Activity
Below is a listing. Gather each line of it that contains "bool".

Data for analysis
--
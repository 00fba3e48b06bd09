ghost use Rattle.std.specs.Prelude.{◌≡◌, ◌≤◌, length, Ok};
ghost use Rattle.rif_lex.specs.Lexing.{lexed};
ghost use Rattle.rif_script.specs.ReadingItems.{is_carets, is_known_type};

use crate::line_fault::LineFault;
use crate::signs::{behind_arrow, behind_close_square};
use prd_reader::{Behind, Leaf, Prefixes, TextPool, leaf_at};
use rif_lex::Token;
use rif_values::OutOfMemory;

/// What is left to read of a line: its tokens from a place on, with the prefixes of the document.
#[derive(Clone, Copy)]
pub struct SentTokens<'a> {
    prefixes: &'a Prefixes,
    bytes: &'a [u8],
    tokens: &'a [Token],
    at: usize,
    ghost lexed: { lexed bytes.now ≡ Ok tokens.now },
    ghost within: { at ≤ length tokens.now },
}

impl<'a> SentTokens<'a> {
    ghost use Rattle.std.specs.Prelude.{◌≡◌, ◌≤◌, ◌↔◌, ◌<◌, ◌∷◌, [], drop, length, map, Ok, IfOk, IsTrue};
    ghost use Rattle.std.specs.Prelude.{MatchOption};
    ghost use Rattle.rif_lex.specs.Lexing.{lexed};
    ghost use Rattle.rif_lex.specs.Spelling.{written};
    ghost use Rattle.prd_grammar.specs.declared.leaf.Leaf.TheVariants.{Carets};
    ghost use Rattle.rif_script.specs.Jobs.{sent_leaves};
    ghost use Rattle.rif_script.specs.ReadingItems.{past_arrow, past_close_square, past_name, past_type};
    ghost use Rattle.prd_leaves.specs.LeafSteps.{front_of};
    ghost use Rattle.rif_script.specs.SentLeaves.{Gives, IsNext, leaves_past, seen};

    /// The tokens of these bytes from a place on, with these prefixes.
    pub fn new(
        prefixes: &'a Prefixes,
        bytes: &'a [u8],
        tokens: &'a [Token],
        at: usize,
    ) -> SentTokens<'a>
        requires lexed { lexed bytes.now ≡ Ok tokens.now }
        requires within { at ≤ length tokens.now }
        ensures { seen result ≡ sent_leaves prefixes.now (map (written bytes.now) (drop at tokens.now)) }
    {
        SentTokens {
            prefixes,
            bytes,
            tokens,
            at,
        }
    }

    /// How many tokens are left.
    pub fn len(self) -> usize
        ensures { result ≡ length (seen self.entry) }
    {
        self.tokens.len() - self.at
    }

    /// Whether none is left.
    pub fn is_empty(self) -> bool
        ensures { IsTrue result ↔ (seen self.entry ≡ []) }
    {
        self.at == self.tokens.len()
    }

    /// The first leaf, and the tokens behind it.
    pub fn first(self, pool: &mut TextPool) -> Result<Option<(Leaf, SentTokens<'a>)>, OutOfMemory>
        ensures { IfOk result (λ found. MatchOption found (seen self.entry ≡ [])
            (λ first. seen self.entry ≡ first.0 ∷ leaves_past (first.0 ∷ []) first.1)) }
    {
        if self.at == self.tokens.len() {
            return Ok(None);
        }
        Ok(Some(self.next(pool, Behind::Other)?))
    }

    // The leaf of the next token, before which this stands, and the tokens behind it.
    fn next(
        self,
        pool: &mut TextPool,
        behind: Behind,
    ) -> Result<(Leaf, SentTokens<'a>), OutOfMemory>
        requires { self.at < length self.tokens.now }
        ensures { IfOk result (IsNext self.entry (front_of behind)) }
    {
        let rest = &self.tokens[self.at + 1..];
        let token = self.tokens[self.at];
        let leaf = leaf_at(pool, self.prefixes, behind, token, rest, self.bytes)?;
        Ok((
            leaf,
            SentTokens {
                prefixes: self.prefixes,
                bytes: self.bytes,
                tokens: self.tokens,
                at: self.at + 1,
            },
        ))
    }

    /// The tokens behind `^^` and a type.
    pub fn past_type(self, pool: &mut TextPool) -> Result<SentTokens<'a>, LineFault>
        ensures { Gives seen result (past_type (seen self.entry)) }
    {
        let Some((leaf, rest)) = self.first(pool)? else {
            return Err(LineFault::Bad);
        };
        if is_carets(&leaf) {
            rest.past_name(pool)
        } else {
            Err(LineFault::Bad)
        }
    }

    /// The tokens behind `->`.
    pub fn past_arrow(self, pool: &mut TextPool) -> Result<SentTokens<'a>, LineFault>
        ensures { Gives seen result (past_arrow (seen self.entry)) }
    {
        let Some((leaf, rest)) = self.first(pool)? else {
            return Err(LineFault::Bad);
        };
        behind_arrow(leaf, rest)
    }

    /// The tokens behind `]`.
    pub fn past_close_square(self, pool: &mut TextPool) -> Result<SentTokens<'a>, LineFault>
        ensures { Gives seen result (past_close_square (seen self.entry)) }
    {
        let Some((leaf, rest)) = self.first(pool)? else {
            return Err(LineFault::Bad);
        };
        behind_close_square(leaf, rest)
    }

    // The tokens behind a type, which stand behind `^^`.
    fn past_name(self, pool: &mut TextPool) -> Result<SentTokens<'a>, LineFault>
        ensures { Gives seen result (past_name (leaves_past (Carets ∷ []) self.entry)) }
    {
        if self.at == self.tokens.len() {
            return Err(LineFault::Bad);
        }
        let (leaf, rest) = self.next(pool, Behind::Carets)?;
        if is_known_type(&leaf) {
            Ok(rest)
        } else {
            Err(LineFault::Bad)
        }
    }
}

fn is_carets(leaf: &Leaf) -> bool
    ensures { result ≡ is_carets leaf.now }
{
    matches!(leaf, Leaf::Carets)
}

fn is_known_type(leaf: &Leaf) -> bool
    ensures { result ≡ is_known_type leaf.now }
{
    match leaf {
        Leaf::TypeName(known) => *known,
        _ => false,
    }
}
--
Task response
    pub fn is_empty(self) -> bool
fn is_carets(leaf: &Leaf) -> bool
fn is_known_type(leaf: &Leaf) -> bool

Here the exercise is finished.